═════ INFORMATION GIVEN ═════

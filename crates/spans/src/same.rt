//! Whether two refusals are one.

ghost use Rattle.std.specs.Prelude.{◌≡◌};
ghost use Rattle.shard_calls.specs.Causes.{is_this};
ghost use Rattle.shard_calls.specs.Same.{refusal_eq};
ghost use Rattle.shard_calls.specs.declared.refusal.Refusal.TheVariants as refusals;

use crate::equality::{alias_or_none_eq, bar_eq, position_eq, unacked_eq, why_eq};
use crate::lists::{not_stopped_eq, rejected_eq};
use gtid_sets::GtidSet;
use shard_calls::{Bar, NotStopped, Refusal, Rejected, Unacked, Why};
use shard_names::{Alias, Name};

pub(crate) fn is_lock_taken(term: u64, actor: &Name, refusal: &Refusal) -> bool
    ensures { result ≡ refusal_eq (refusals.LockTaken term actor.now) refusal.now }
{
    match refusal {
        Refusal::LockTaken {
            term: other_term,
            actor: other_actor,
        } => term == *other_term && *actor == *other_actor,
        _ => false,
    }
}

pub(crate) fn is_lock_lost(term: u64, refusal: &Refusal) -> bool
    ensures { result ≡ refusal_eq (refusals.LockLost term) refusal.now }
{
    match refusal {
        Refusal::LockLost { term: other_term } => term == *other_term,
        _ => false,
    }
}

pub(crate) fn is_no_such_tablet(alias: &Alias, refusal: &Refusal) -> bool
    ensures { result ≡ refusal_eq (refusals.NoSuchTablet alias.now) refusal.now }
{
    match refusal {
        Refusal::NoSuchTablet { alias: other_alias } => *alias == *other_alias,
        _ => false,
    }
}

pub(crate) fn is_not_eligible(alias: &Alias, bar: Bar, refusal: &Refusal) -> bool
    ensures { result ≡ refusal_eq (refusals.NotEligible alias.now bar) refusal.now }
{
    match refusal {
        Refusal::NotEligible {
            alias: other_alias,
            bar: other_bar,
        } => *alias == *other_alias && bar_eq(bar, *other_bar),
        _ => false,
    }
}

pub(crate) fn is_expected_primary(recorded: &Option<Alias>, refusal: &Refusal) -> bool
    ensures { result ≡ refusal_eq (refusals.ExpectedPrimary recorded.now) refusal.now }
{
    match refusal {
        Refusal::ExpectedPrimary {
            recorded: other_recorded,
        } => alias_or_none_eq(recorded, other_recorded),
        _ => false,
    }
}

pub(crate) fn is_reparent_pending(alias: &Alias, term: u64, refusal: &Refusal) -> bool
    ensures { result ≡ refusal_eq (refusals.ReparentPending alias.now term) refusal.now }
{
    match refusal {
        Refusal::ReparentPending {
            alias: other_alias,
            term: other_term,
        } => *alias == *other_alias && term == *other_term,
        _ => false,
    }
}

pub(crate) fn is_unreachable(alias: &Alias, why: &Why, refusal: &Refusal) -> bool
    ensures { result ≡ refusal_eq (refusals.Unreachable alias.now why.now) refusal.now }
{
    match refusal {
        Refusal::Unreachable {
            alias: other_alias,
            why: other_why,
        } => *alias == *other_alias && why_eq(why, other_why),
        _ => false,
    }
}

pub(crate) fn is_no_candidate(reasons: &[Rejected], refusal: &Refusal) -> bool
    ensures { result ≡ refusal_eq (refusals.NoCandidate reasons.now) refusal.now }
{
    match refusal {
        Refusal::NoCandidate {
            reasons: other_reasons,
        } => rejected_eq(reasons, other_reasons.as_slice()),
        _ => false,
    }
}

pub(crate) fn is_not_caught_up(
    alias: &Alias,
    missing: &GtidSet,
    since: u64,
    now: u64,
    refusal: &Refusal,
) -> bool
    ensures { result ≡ refusal_eq (refusals.NotCaughtUp alias.now missing.now since now) refusal.now }
{
    match refusal {
        Refusal::NotCaughtUp {
            alias: other_alias,
            missing: other_missing,
            since: other_since,
            now: other_now,
        } => *alias == *other_alias
            && position_eq(missing, other_missing)
            && since == *other_since
            && now == *other_now,
        _ => false,
    }
}

pub(crate) fn is_stale_term(alias: &Alias, seen: u64, refusal: &Refusal) -> bool
    ensures { result ≡ refusal_eq (refusals.StaleTerm alias.now seen) refusal.now }
{
    match refusal {
        Refusal::StaleTerm {
            alias: other_alias,
            seen: other_seen,
        } => *alias == *other_alias && seen == *other_seen,
        _ => false,
    }
}

pub(crate) fn is_not_revoked(alias: &Alias, unreached: &[NotStopped], refusal: &Refusal) -> bool
    ensures { result ≡ refusal_eq (refusals.NotRevoked alias.now unreached.now) refusal.now }
{
    match refusal {
        Refusal::NotRevoked {
            alias: other_alias,
            unreached: other_unreached,
        } => *alias == *other_alias && not_stopped_eq(unreached, other_unreached.as_slice()),
        _ => false,
    }
}

pub(crate) fn is_cannot_establish(alias: &Alias, have: u32, need: u32, refusal: &Refusal) -> bool
    ensures { result ≡ refusal_eq (refusals.CannotEstablish alias.now have need) refusal.now }
{
    match refusal {
        Refusal::CannotEstablish {
            alias: other_alias,
            have: other_have,
            need: other_need,
        } => *alias == *other_alias && have == *other_have && need == *other_need,
        _ => false,
    }
}

pub(crate) fn is_split_brain(
    a: &Alias,
    has_a: &GtidSet,
    b: &Alias,
    has_b: &GtidSet,
    refusal: &Refusal,
) -> bool
    ensures { result ≡ refusal_eq (refusals.SplitBrain a.now has_a.now b.now has_b.now) refusal.now }
{
    match refusal {
        Refusal::SplitBrain {
            a: other_a,
            has_a: other_has_a,
            b: other_b,
            has_b: other_has_b,
        } => *a == *other_a
            && position_eq(has_a, other_has_a)
            && *b == *other_b
            && position_eq(has_b, other_has_b),
        _ => false,
    }
}

pub(crate) fn is_cross_cell(alias: &Alias, refusal: &Refusal) -> bool
    ensures { result ≡ refusal_eq (refusals.CrossCell alias.now) refusal.now }
{
    match refusal {
        Refusal::CrossCell { alias: other_alias } => *alias == *other_alias,
        _ => false,
    }
}

pub(crate) fn is_not_acknowledged(alias: &Alias, cause: &Unacked, refusal: &Refusal) -> bool
    ensures { result ≡ refusal_eq (refusals.NotAcknowledged alias.now cause.now) refusal.now }
{
    match refusal {
        Refusal::NotAcknowledged {
            alias: other_alias,
            cause: other_cause,
        } => *alias == *other_alias && unacked_eq(cause, other_cause),
        _ => false,
    }
}

pub(crate) fn is_errant(alias: &Alias, extra: &GtidSet, refusal: &Refusal) -> bool
    ensures { result ≡ refusal_eq (refusals.Errant alias.now extra.now) refusal.now }
{
    match refusal {
        Refusal::Errant {
            alias: other_alias,
            extra: other_extra,
        } => *alias == *other_alias && position_eq(extra, other_extra),
        _ => false,
    }
}

pub(crate) fn is_not_promoted(alias: &Alias, newest: u64, refusal: &Refusal) -> bool
    ensures { result ≡ refusal_eq (refusals.NotPromoted alias.now newest) refusal.now }
{
    match refusal {
        Refusal::NotPromoted {
            alias: other_alias,
            newest: other_newest,
        } => *alias == *other_alias && newest == *other_newest,
        _ => false,
    }
}

/// Whether the two are one refusal. Logs are compared by their transactions. It takes no memory.
pub fn refusal_eq(refusal: &Refusal, other: &Refusal) -> bool
    ensures { result ≡ refusal_eq refusal.now other.now }
{
    match refusal {
        Refusal::LockTaken { term, actor } => is_lock_taken(*term, actor, other),
        Refusal::LockLost { term } => is_lock_lost(*term, other),
        Refusal::NoSuchTablet { alias } => is_no_such_tablet(alias, other),
        Refusal::NotEligible { alias, bar } => is_not_eligible(alias, *bar, other),
        Refusal::ExpectedPrimary { recorded } => is_expected_primary(recorded, other),
        Refusal::ReparentPending { alias, term } => is_reparent_pending(alias, *term, other),
        Refusal::Unreachable { alias, why } => is_unreachable(alias, why, other),
        Refusal::NoCandidate { reasons } => is_no_candidate(reasons.as_slice(), other),
        Refusal::NotCaughtUp {
            alias,
            missing,
            since,
            now,
        } => is_not_caught_up(alias, missing, *since, *now, other),
        Refusal::StaleTerm { alias, seen } => is_stale_term(alias, *seen, other),
        Refusal::NotRevoked { alias, unreached } => is_not_revoked(
            alias,
            unreached.as_slice(),
            other,
        ),
        Refusal::CannotEstablish { alias, have, need } => is_cannot_establish(
            alias, *have, *need, other,
        ),
        Refusal::SplitBrain { a, has_a, b, has_b } => is_split_brain(a, has_a, b, has_b, other),
        Refusal::CrossCell { alias } => is_cross_cell(alias, other),
        Refusal::NotAcknowledged { alias, cause } => is_not_acknowledged(alias, cause, other),
        Refusal::Errant { alias, extra } => is_errant(alias, extra, other),
        Refusal::NotPromoted { alias, newest } => is_not_promoted(alias, *newest, other),
        Refusal::BothGiven => matches!(other, Refusal::BothGiven),
        Refusal::OutOfMemory => matches!(other, Refusal::OutOfMemory),
    }
}

/// Whether it is this one, if there is one.
pub fn is_this(refusal: &Refusal, found: &Option<Refusal>) -> bool
    ensures { result ≡ is_this refusal.now found.now }
{
    match found {
        Some(found) => refusal_eq(found, refusal),
        None => false,
    }
}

═════

## WHAT NEEDS TO BE DONE
Go through the entries above and count the lines containing "newest". Give the number only.

## WRITTEN ANSWER
5